From the gastrointestinal tract: infrequently-abdominal pain, diarrhea, dyspepsia, flatulence, vomiting, rarely - discomfort in the stomach, dry mouth, dysgeusia.
From the liver and biliary tract: rarely-impaired liver function/liver disease (most cases were detected in patients in Japan).
From the skin and subcutaneous tissues: infrequently-hyperhidrosis, itching, skin rash, rarely-angioedema (fatal), eczema, erythema, urticaria, drug and toxic rash.

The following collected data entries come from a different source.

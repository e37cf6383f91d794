//! The lines of a script, as they are read.
ghost use Rattle.std.specs.Prelude.{◌≡◌, ◌≤◌, ◌++◌, ◌+◌, ℕ, List, [], true, false, length, take, drop, Some, Err, IfOk, IfErr, OnOk, OnErr};
ghost use Rattle.std.specs.Io.Buffered.{reader_buffer, reader_remaining};
ghost use Rattle.std.specs.List.{list_any};
ghost use Rattle.memchr.specs.Find.{is_byte};
ghost use Rattle.script.specs.Beginnings as beginnings;
ghost use Rattle.script.specs.Beginnings.{BeginsNoLine};
ghost use Rattle.simulator.specs.Reading.{BeginsWithNone, IsFaultAt, IsPart, IsPartTaken, IsRead};

use crate::fault::Fault;
use memchr::memchr;
use script::may_begin_line;
use std::io::{BufRead, BufReader, ErrorKind, Read};

/// How many reads a script may take.
pub(crate) const MOST_READS: u32 = u32::MAX;

/// How many of the bytes are of the first line, with its line feed, and whether that is among them.
fn part_of_line(bytes: &[u8]) -> (usize, bool)
    ensures bound { result.0 ≤ length bytes.now }
    ensures part { (behind : List ℕ) → IsPart (bytes.now ++ behind) (take result.0 bytes.now) (drop result.0 bytes.now ++ behind) result.1 }
    ensures whole { result.1 ≡ list_any (is_byte 10) bytes.now }
    ensures all { result.1 ≡ false → result.0 ≡ length bytes.now }
{
    match memchr(b'\n', bytes) {
        Some(end) => (end + 1, true),
        None => (bytes.len(), false),
    }
}

/// Moves what is held of the line to `line`. Returns whether its line feed is among it; if not, nothing is held any more.
/// After `Memory` all is as it was.
fn take_held<R: Read>(reader: &mut BufReader<R>, line: &mut Vec<u8>) -> Result<bool, Fault>
    ensures known { (bytes : List ℕ) → reader_remaining R.remaining reader.old ≡ Some bytes →
        IfOk result (λ whole. IsPartTaken bytes line.old.items line.new.items (reader_remaining R.remaining reader.new) whole) }
    ensures whole { IfOk result (λ whole. whole ≡ list_any (is_byte 10) (reader_buffer reader.old)) }
    ensures emptied { IfOk result (λ whole. whole ≡ false → reader_buffer reader.new ≡ []) }
    ensures fault { IfErr result (λ fault. fault ≡ Fault.Memory) }
    ensures err { OnErr result ((reader.new ≡ reader.old) × (line.new.items ≡ line.old.items)) }
{
    let held = reader.buffer();
    let (count, is_whole) = part_of_line(held);
    if line.extend_from_slice(&held[..count]).is_err() {
        return Err(Fault::Memory);
    }
    reader.consume(count);
    Ok(is_whole)
}

/// Reads once, for the line of this number of which so much is read. Returns whether more may come: false at the end of
/// the input. If no line of the language begins so, that is its fault, and nothing is read.
fn read_more<R: Read>(
    reader: &mut BufReader<R>,
    reads_left: &mut u32,
    number: u64,
    line: &[u8],
) -> Result<bool, Fault>
    requires empty { reader_buffer reader.old ≡ [] }
    ensures refused { beginnings.may_begin_line line.now ≡ false → (result ≡ Err (Fault.Line number)) × (reader.new ≡ reader.old) × (reads_left.new ≡ reads_left.old) }
    ensures none { IfErr result (λ fault. fault ≡ Fault.Line number → BeginsNoLine line.now) }
    ensures counted { OnOk result (reads_left.old ≡ reads_left.new + 1) }
    ensures bound { reads_left.new ≤ reads_left.old }
    ensures kept { (bytes : List ℕ) → reader_remaining R.remaining reader.old ≡ Some bytes → OnOk result (reader_remaining R.remaining reader.new ≡ Some bytes) }
    ensures end { (bytes : List ℕ) → reader_remaining R.remaining reader.old ≡ Some bytes → IfOk result (λ more. more ≡ false → bytes ≡ []) }
    ensures fault { IfErr result (IsFaultAt number) }
{
    if !may_begin_line(line) {
        return Err(Fault::Line(number));
    }
    let Some(left) = reads_left.checked_sub(1) else {
        return Err(Fault::Read);
    };
    *reads_left = left;
    match reader.fill_buf() {
        Ok(held) => Ok(!held.is_empty()),
        Err(error) => match error.kind() {
            ErrorKind::Interrupted => Ok(true),
            ErrorKind::OutOfMemory => Err(Fault::Memory),
            _ => Err(Fault::Read),
        },
    }
}

/// Reads the next line into `line`, with its line feed, in at most as many reads as are left, and in none if it is
/// held. Returns whether there was one. If no line of the language begins with what is read of it, its number is the
/// fault, and no more of it is read. At a fault what was read of the line is lost.
pub(crate) fn read_line<R: Read>(
    reader: &mut BufReader<R>,
    reads_left: &mut u32,
    number: u64,
    line: &mut Vec<u8>,
) -> Result<bool, Fault>
    ensures known { (bytes : List ℕ) → reader_remaining R.remaining reader.old ≡ Some bytes → IfOk result (λ more. IsRead bytes line.new.items (reader_remaining R.remaining reader.new) more) }
    ensures bound { reads_left.new ≤ reads_left.old }
    ensures held { list_any (is_byte 10) (reader_buffer reader.old) ≡ true →
        (reads_left.new ≡ reads_left.old) × IfErr result (λ fault. fault ≡ Fault.Memory) }
    ensures none { (bytes : List ℕ) → reader_remaining R.remaining reader.old ≡ Some bytes → IfErr result (λ fault. fault ≡ Fault.Line number → BeginsWithNone bytes) }
    ensures fault { IfErr result (IsFaultAt number) }
{
    line.clear();
    while !take_held(reader, line)? {
        if !read_more(reader, reads_left, number, line.as_slice())? {
            break;
        }
    }
    Ok(!line.is_empty())
}
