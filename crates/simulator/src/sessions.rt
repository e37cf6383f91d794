//! The sessions of a script, and what of their replies is written.
ghost use Rattle.std.specs.Prelude.{◌≡◌, ◌++◌, [], drop, length, OnOk};
ghost use Rattle.script.specs.Output.{reply_lines};
ghost use Rattle.simulator.specs.Plays.{shown_of, with_shown};

use crate::report::Report;
use ballot::Memory;
use indexmap::IndexMap;
use std::alloc::Global;
use std::hash::{BuildHasherDefault, FoldHasher};
use std::marker::Model;
use world::SessionId;

/// The sessions that a script has connected, each with how many bytes of its replies are written. What comes of an event
/// is found without looking at other sessions.
#[derive(Drop)]
pub(crate) struct Sessions {
    shown: IndexMap<SessionId, usize, BuildHasherDefault<FoldHasher>>,
}

impl Model for Sessions {
    ghost use Rattle.simulator.specs.Plays.{Shown};

    ghost Value = { Shown };

    ghost view = { λ s. s.shown.entries };
}

impl Sessions {
    /// None. Takes no memory.
    pub(crate) fn new(alloc: Global) -> Self
        ensures { result ≡ [] }
    {
        Sessions {
            shown: IndexMap::new(alloc),
        }
    }

    /// How many were told something.
    pub(crate) fn len(&self) -> usize
        ensures { result ≡ length self.now }
    {
        self.shown.len()
    }

    /// How many bytes of a session's replies are written.
    fn shown(&self, session: SessionId) -> usize
        ensures { result ≡ shown_of session self.now }
    {
        match self.shown.get(&session) {
            Some(count) => *count,
            None => 0,
        }
    }

    /// Writes what is not written yet of a session's replies.
    pub(crate) fn write_replies(
        &mut self,
        session: SessionId,
        replies: &[u8],
        report: &mut Report,
    ) -> Result<(), Memory>
        ensures shown { OnOk result (self.new ≡ with_shown session (length replies.now) self.old) }
        ensures text { OnOk result (report.new ≡ report.old ++ reply_lines session (drop (shown_of session self.old) replies.now)) }
    {
        // A script's sessions have numbers of nine digits, so there is always one.
        let Ok(number) = u32::try_from(session.get()) else {
            return Err(Memory);
        };
        let fresh = replies.get(self.shown(session)..).unwrap_or(&[]);
        report.replies(number, fresh)?;
        let _ = self.shown.insert(session, replies.len())?;
        Ok(())
    }
}
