//! A service that a script drives.
ghost use Rattle.std.specs.Prelude.{◌≡◌, OnOk, IfOk};
ghost use Rattle.simulator.specs.Plays as spec;
ghost use Rattle.simulator.specs.Told.{IsWritten};
ghost use Rattle.runs.specs.Clients.{client_of};

use crate::events::event_of;
use crate::refusal::refusal_of;
use crate::report::Report;
use crate::service::Service;
use crate::sessions::Sessions;
use crate::undelivered::Route;
use apop::Accounts;
use ballot::{Memory, NodeId};
use maildrop::{Kept, Shared};
use script::{Command, Refusal, Settings};
use std::alloc::Global;
use std::marker::Model;
use world::{Config, Event, SessionId};

/// A service that a script drives, and what of it is still to be written.
#[derive(Drop)]
pub(crate) struct Play {
    service: Service,
    sessions: Sessions,
    /// `settle` and `storm` look at messages from this place on.
    first: usize,
}

impl Model for Play {
    ghost use Rattle.std.specs.declared.alloc.Global.{Global};
    ghost use Rattle.simulator.specs.Plays.{Play};

    ghost Value = { Play Global };

    ghost view = { λ p. record { world = p.service.world; crashed = p.service.crashed; shown = p.sessions; first = p.first } };
}

impl Play {
    /// The service that a script sets, of which nothing has happened.
    pub(crate) fn new(alloc: Global, settings: &Settings) -> Result<Self, Memory>
        ensures { IfOk result (λ play. play ≡ spec.new_play settings.now) }
    {
        let Ok(accounts) = Accounts::read(alloc, settings.account_rows()) else {
            return Err(Memory);
        };
        let config = Config {
            accounts,
            limits: settings.limits(),
            kept: Shared::new(alloc, Kept::new(alloc))?,
            keys: 0,
            cluster: settings.cluster(),
            window: settings.window().get(),
        };
        Ok(Play {
            service: Service::new(alloc, config)?,
            sessions: Sessions::new(alloc),
            first: 0,
        })
    }

    /// Writes what a session was told and is not written yet.
    fn tell_replies(&mut self, session: SessionId, report: &mut Report) -> Result<(), Memory>
        ensures { OnOk result (IsWritten (spec.replies_told session self.old (client_of session self.old.world.service.clients)) self.new report.old report.new) }
    {
        match self.service.world().replies(session) {
            Some(replies) => self.sessions.write_replies(session, replies, report),
            None => Ok(()),
        }
    }

    /// Writes what an event has brought to the session that it is about, if it is about one.
    fn tell(&mut self, session: Option<SessionId>, report: &mut Report) -> Result<(), Memory>
        ensures { OnOk result (IsWritten (spec.told_of session self.old) self.new report.old report.new) }
    {
        match session {
            Some(session) => self.tell_replies(session, report),
            None => Ok(()),
        }
    }

    /// Hands the service an event. Writes why it is refused, or else what its session is told.
    fn give(&mut self, event: Event, report: &mut Report) -> Result<(), Memory>
        ensures { OnOk result (IsWritten (spec.given self.old event) self.new report.old report.new) }
    {
        let session = event.session();
        match self.service.step(event) {
            Ok(()) => self.tell(session, report),
            Err(refused) => report.refusal(refusal_of(refused)?),
        }
    }

    /// Writes the outcomes that are there and weren't written, in the order in which the script submitted the operations.
    fn write_outcomes(&mut self, report: &mut Report) -> Result<(), Memory>
        ensures { OnOk result (IsWritten (spec.outcomes self.old) self.new report.old report.new) }
    {
        self.service.write_outcomes(report)
    }

    /// Has sessions take the answers that are there, in the order in which they connected.
    fn collect(&mut self, report: &mut Report) -> Result<(), Memory>
        ensures { OnOk result (IsWritten (spec.all_collected self.old) self.new report.old report.new) }
    {
        for _ in 0..self.sessions.len() {
            let world = self.service.world();
            // No message comes after the last one, so what comes next is an answer.
            let behind = world.sent().len();
            let Some(event) = world.next_oldest(behind) else {
                return Ok(());
            };
            self.give(event, report)?;
        }
        Ok(())
    }

    /// The oldest event that is due happens, at most so many times.
    fn settle(&mut self, limit: u64, report: &mut Report) -> Result<(), Memory>
        ensures { OnOk result (IsWritten (spec.settled spec.oldest limit self.old) self.new report.old report.new) }
    {
        for _ in 0..limit {
            self.write_outcomes(report)?;
            let Some(event) = self.service.world().next_oldest(self.first) else {
                return Ok(());
            };
            self.give(event, report)?;
        }
        self.write_outcomes(report)
    }

    /// The newest message that came fewer than so many times arrives, or an answer that is there is taken, at most so
    /// many times.
    fn storm(&mut self, copies: u64, limit: u64, report: &mut Report) -> Result<(), Memory>
        ensures { OnOk result (IsWritten (spec.settled (spec.newest copies) limit self.old) self.new report.old report.new) }
    {
        for _ in 0..limit {
            self.write_outcomes(report)?;
            let Some(event) = self.service.world().next_newest(self.first, copies) else {
                return Ok(());
            };
            self.give(event, report)?;
        }
        self.write_outcomes(report)
    }

    /// The first message of the route that never arrived arrives.
    fn deliver(&mut self, route: Route, report: &mut Report) -> Result<(), Memory>
        ensures { OnOk result (IsWritten (spec.delivered self.old route) self.new report.old report.new) }
    {
        match self.service.first_undelivered(route) {
            Some(place) => self.give(Event::Arrive(place), report),
            None => report.refusal(Refusal::NotSent),
        }
    }

    /// Writes what a node has performed, or that it is down, if there is no such node.
    fn order(&self, node: NodeId, report: &mut Report) -> Result<(), Memory>
        ensures { OnOk result (IsWritten (spec.order node self.now) self.now report.old report.new) }
    {
        match self.service.world().performed(node) {
            Some(performed) => report.order(node, performed),
            None => report.refusal(Refusal::Down),
        }
    }

    /// `settle` and `storm` look no more at what was sent so far.
    fn lose(&mut self)
        ensures { self.new ≡ spec.lost self.old }
    {
        self.first = self.service.world().sent().len();
    }

    /// A command that is one event.
    fn happen(
        &mut self,
        alloc: Global,
        settings: &Settings,
        command: Command<'_>,
        report: &mut Report,
    ) -> Result<(), Memory>
        ensures { OnOk result (IsWritten (spec.happened settings.now.host command.entry self.old) self.new report.old report.new) }
    {
        match event_of(alloc, settings.host(), command)? {
            Some(event) => self.give(event, report),
            None => Ok(()),
        }
    }

    /// What a command does by itself.
    fn act(
        &mut self,
        alloc: Global,
        settings: &Settings,
        command: Command<'_>,
        report: &mut Report,
    ) -> Result<(), Memory>
        ensures { OnOk result (IsWritten (spec.done settings.now.host command.entry self.old) self.new report.old report.new) }
    {
        match &command {
            Command::Lose => {
                self.lose();
                Ok(())
            }
            Command::Order { node } => self.order(*node, report),
            Command::Deliver { from, to, kind } => {
                let route = Route {
                    from: *from,
                    to: *to,
                    kind: *kind,
                };
                self.deliver(route, report)
            }
            _ => self.happen(alloc, settings, command, report),
        }
    }

    /// What a command does, and then what is there of outcomes and answers.
    fn act_to_the_end(
        &mut self,
        alloc: Global,
        settings: &Settings,
        command: Command<'_>,
        report: &mut Report,
    ) -> Result<(), Memory>
        ensures { OnOk result (IsWritten (spec.done_to_the_end settings.now.host command.entry self.old) self.new report.old report.new) }
    {
        self.act(alloc, settings, command, report)?;
        self.write_outcomes(report)?;
        self.collect(report)
    }

    /// Does a command, and writes what comes of it.
    pub(crate) fn perform(
        &mut self,
        alloc: Global,
        settings: &Settings,
        command: Command<'_>,
        report: &mut Report,
    ) -> Result<(), Memory>
        ensures { OnOk result (IsWritten (spec.performed settings.now.host command.entry self.old) self.new report.old report.new) }
    {
        match &command {
            Command::Settle { limit } => self.settle(*limit, report),
            Command::Storm { copies, limit } => self.storm(*copies, *limit, report),
            _ => self.act_to_the_end(alloc, settings, command, report),
        }
    }
}
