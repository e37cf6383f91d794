//! Messages that never arrived.
ghost use Rattle.std.specs.Prelude.{◌≡◌, ◌<◌, drop, length, position, IfSome};
ghost use Rattle.simulator.specs.Undelivered as spec;

use ballot::NodeId;
use script::MessageKind;
use world::Sent;

/// The messages of one kind from one node to another.
#[derive(Clone, Copy)]
pub(crate) struct Route {
    /// The sender.
    pub from: NodeId,
    /// The addressee.
    pub to: NodeId,
    /// The kind of the messages.
    pub kind: MessageKind,
}

impl Route {
    /// Whether the messages of both are the same.
    pub(crate) fn is_same(&self, other: &Route) -> bool
        ensures { result ≡ spec.same_route self.now other.now }
    {
        self.from == other.from && self.to == other.to && self.kind == other.kind
    }

    /// Whether a message is one of these and never arrived.
    fn is_next(&self, message: &Sent) -> bool
        ensures { result ≡ spec.is_next self.now message.now }
    {
        let envelope = &message.envelope;
        message.arrived == 0
            && envelope.from == self.from
            && envelope.to == self.to
            && MessageKind::of(&envelope.message) == self.kind
    }

    /// The place of the first of these messages that never arrived.
    fn first_of(&self, sent: &[Sent]) -> Option<usize>
        ensures value { result ≡ position (spec.is_next self.now) sent.now }
        ensures within { IfSome result (λ place. place < length sent.now) }
    {
        sent.iter().position(|message| self.is_next(message))
    }

    /// The same, if all of them that stand before `from` have arrived.
    pub(crate) fn first_undelivered(&self, sent: &[Sent], from: usize) -> Option<usize>
        requires { spec.HaveArrived self.now from sent.now }
        ensures { result ≡ position (spec.is_next self.now) sent.now }
    {
        match self.first_of(behind(sent, from)) {
            Some(place) => Some(from + place),
            None => None,
        }
    }
}

/// What was sent from this place on.
fn behind(sent: &[Sent], from: usize) -> &[Sent]
    ensures { result.now ≡ drop from sent.now }
{
    sent.get(from..).unwrap_or(&[])
}
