//! The chain of the free nodes, and the chains that lists are made of.
ghost use Rattle.std.specs.Prelude.{◌≡◌, ℕ, ◌+◌, ◌-◌, ◌<◌, ◌≤◌, false, length, slice_set};
ghost use Rattle.token_pool.specs.Pools.{there, made};
ghost use Rattle.token_pool.specs.Nodes.{top_nodes, at, freed, Frees, Chain, tokens_from, nodes_pool, Sound, Moved};

use crate::node::{FREE, Node};

/// The chain of the free nodes of a slice.
// Kept: each call is handed the row of nodes, and no struct holds both: the pool's invariant is of both, and does not hold between two of these calls.
#[derive(Clone, Copy)]
pub struct FreeNodes {
    /// The first of them, if there is one.
    pub first: u32,
    /// How many there are.
    pub count: u32,
}

impl FreeNodes {
    /// Makes one chain of free nodes of the whole slice, whatever the nodes held.
    pub fn of_all(nodes: &mut [Node]) -> FreeNodes
        requires { length nodes.old ≤ top_nodes }
        ensures chain { Frees nodes.new result }
        ensures all { result.count ≡ length nodes.new }
        ensures owners { (j : ℕ) → j < length nodes.new → (at nodes.new j).owner ≡ top_nodes }
    {
        let mut free = FreeNodes { first: 0, count: 0 };
        // Kept: a `for` over indices, since each turn lends the whole row on to `push`.
        for i in 0..nodes.len() as u32 {
            free.push(nodes, i);
        }
        free
    }

    /// Puts a node before the free ones.
    fn push(&mut self, nodes: &mut [Node], i: u32)
        requires inside { i < length nodes.old }
        requires room { self.old.count < top_nodes }
        ensures node { nodes.new ≡ slice_set nodes.old i (freed self.old) }
        ensures after { self.new ≡ record { first = i; count = self.old.count + 1 } }
    {
        nodes[i as usize] = Node {
            owner: FREE,
            left: self.count,
            next: self.first,
            ..Node::EMPTY
        };
        *self = FreeNodes {
            first: i,
            count: self.count + 1,
        };
    }

    /// Takes off the first free node, to be written next: its index.
    fn pop(&mut self, nodes: &[Node]) -> u32
        requires inside { self.old.first < length nodes.now }
        requires some { 0 < self.old.count }
        ensures first { result ≡ self.old.first }
        ensures after { self.new ≡ record { first = (at nodes.now self.old.first).next; count = self.old.count - 1 } }
    {
        let i = self.first;
        *self = FreeNodes {
            first: nodes[i as usize].next,
            count: self.count - 1,
        };
        i
    }

    /// Makes a list of the tokens: its number, which is the index of its head.
    pub fn build(&mut self, nodes: &mut [Node], tokens: &[u16]) -> u32
        requires sound { Sound nodes.old self.old }
        requires some { 0 < length tokens.now }
        requires room { length tokens.now < self.old.count }
        ensures first { result ≡ self.old.first }
        ensures sound { Sound nodes.new self.new }
        ensures absent { there (nodes_pool nodes.old self.old.count) result ≡ false }
        ensures after { nodes_pool nodes.new self.new.count ≡ made (nodes_pool nodes.old self.old.count) result tokens.now }
    {
        let list = self.pop(nodes);
        nodes[list as usize] = Node {
            owner: list,
            left: tokens.len() as u32,
            ..Node::EMPTY
        };
        let first = self.fill(nodes, list, tokens);
        nodes[list as usize].next = first;
        list
    }

    /// Takes a free node for each token, and makes a chain of `owner` of them that holds the tokens: its first node.
    fn fill(&mut self, nodes: &mut [Node], owner: u32, tokens: &[u16]) -> u32
        requires owned { owner < top_nodes }
        requires frees { Frees nodes.old self.old }
        requires enough { length tokens.now ≤ self.old.count }
        ensures frees { Frees nodes.new self.new }
        ensures left { self.new.count ≡ self.old.count - length tokens.now }
        ensures chain { Chain nodes.new owner result (length tokens.now) }
        ensures holds { tokens_from nodes.new result (length tokens.now) ≡ tokens.now }
        ensures moved { Moved nodes.old nodes.new top_nodes owner }
    {
        let mut first = 0;
        for (left, token) in tokens.iter().rev().enumerate() {
            let i = self.pop(nodes);
            nodes[i as usize] = Node {
                owner,
                left: left as u32,
                next: first,
                token: *token,
                count: 0,
            };
            first = i;
        }
        first
    }

    /// Gives the `count` nodes of a list, from its head on, to the free ones.
    pub fn release(&mut self, nodes: &mut [Node], list: u32, count: u32)
        requires owned { list < top_nodes }
        requires frees { Frees nodes.old self.old }
        requires chain { Chain nodes.old list list count }
        requires room { self.old.count + count ≤ top_nodes }
        ensures frees { Frees nodes.new self.new }
        ensures more { self.new.count ≡ self.old.count + count }
        ensures moved { Moved nodes.old nodes.new list top_nodes }
        ensures gone { 0 < count → (at nodes.new list).owner ≡ top_nodes }
    {
        let mut i = list;
        // Kept: a `for` that counts, since the chain is read from the nodes that each turn writes.
        for _ in 0..count {
            let next = nodes[i as usize].next;
            self.push(nodes, i);
            i = next;
        }
    }
}
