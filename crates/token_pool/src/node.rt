//! The nodes that a pool is handed.

/// The most nodes that a pool uses, so that each has an index of 32 bits below `FREE`.
pub const MAX_NODES: usize = FREE as usize;

/// The owner of a free node: no list has that number.
pub(crate) const FREE: u32 = u32::MAX;

/// A node of the memory of a pool. Every node stands in one chain: that of the free nodes, or that of a token list, which begins with its head.
// Kept: chains by index and an owner that may be `FREE`, since the nodes are handed over once, and a list of t tokens takes t + 1 of them; an `Option<u32>` would make each node larger. One record for the three sorts of node, since a chain is told by owner and rest alone.
#[derive(Clone, Copy)]
pub struct Node {
    /// The list whose chain this is, by its number, which is the index of its head; or `FREE`.
    pub(crate) owner: u32,
    /// How many nodes of the chain come after this one.
    pub(crate) left: u32,
    /// The next node of the chain, if there is one.
    pub(crate) next: u32,
    /// The token, but for a head and a free node.
    pub(crate) token: u16,
    /// The reference count of the list, at its head.
    pub(crate) count: u32,
}

impl Node {
    /// A node with nothing in it, to make memory of; a pool writes each before it reads it.
    pub const EMPTY: Node = Node {
        owner: 0,
        left: 0,
        next: 0,
        token: 0,
        count: 0,
    };
}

From the musculoskeletal system and connective tissue: infrequently-myalgia, back pain, muscle spasms, rarely-arthralgia, pain in the extremities, pain in the tendons (symptoms similar to the manifestation of tendinitis).
From the kidneys and urinary tract: infrequently-impaired renal function, including acute renal failure.
Common disorders and disorders together.: infrequently-chest pain, general weakness, rarely-flu-like syndrome.
Laboratory and instrumental data: infrequently-an increase in the level of creatinine in the blood, rarely-an increase in the concentration of uric acid, an increase in the activity of liver enzymes, an increase in the activity of CK, a decrease in the level of Hb in the blood serum.
Symptoms: pronounced decrease in blood pressure.
Treatment: symptomatic therapy, hemodialysis is ineffective.
Symptoms: The most pronounced manifestations of overdose were a marked decrease in blood pressure and tachycardia, and bradycardia, dizziness, increased serum creatinine concentration, and acute renal failure were also reported.
Treatment: telmisartan is not eliminated by hemodialysis. Patients ' condition should be carefully monitored and symptomatic as well as supportive treatment should be provided. The approach to treatment depends on the time elapsed after taking the drug and the severity of the symptoms. Recommended measures include provoking vomiting and / or gastric lavage, it is advisable to take activated charcoal. You should regularly monitor the content of electrolytes and creatinine in the blood plasma. If there is a marked decrease in blood pressure, the patient should take a horizontal position with raised legs, while it is necessary to quickly replenish the BCC and electrolytes
No cases of overdose have been identified.
Symptoms: pronounced decrease in blood pressure, tachycardia, bradycardia.
Treatment: symptomatic therapy, hemodialysis is ineffective.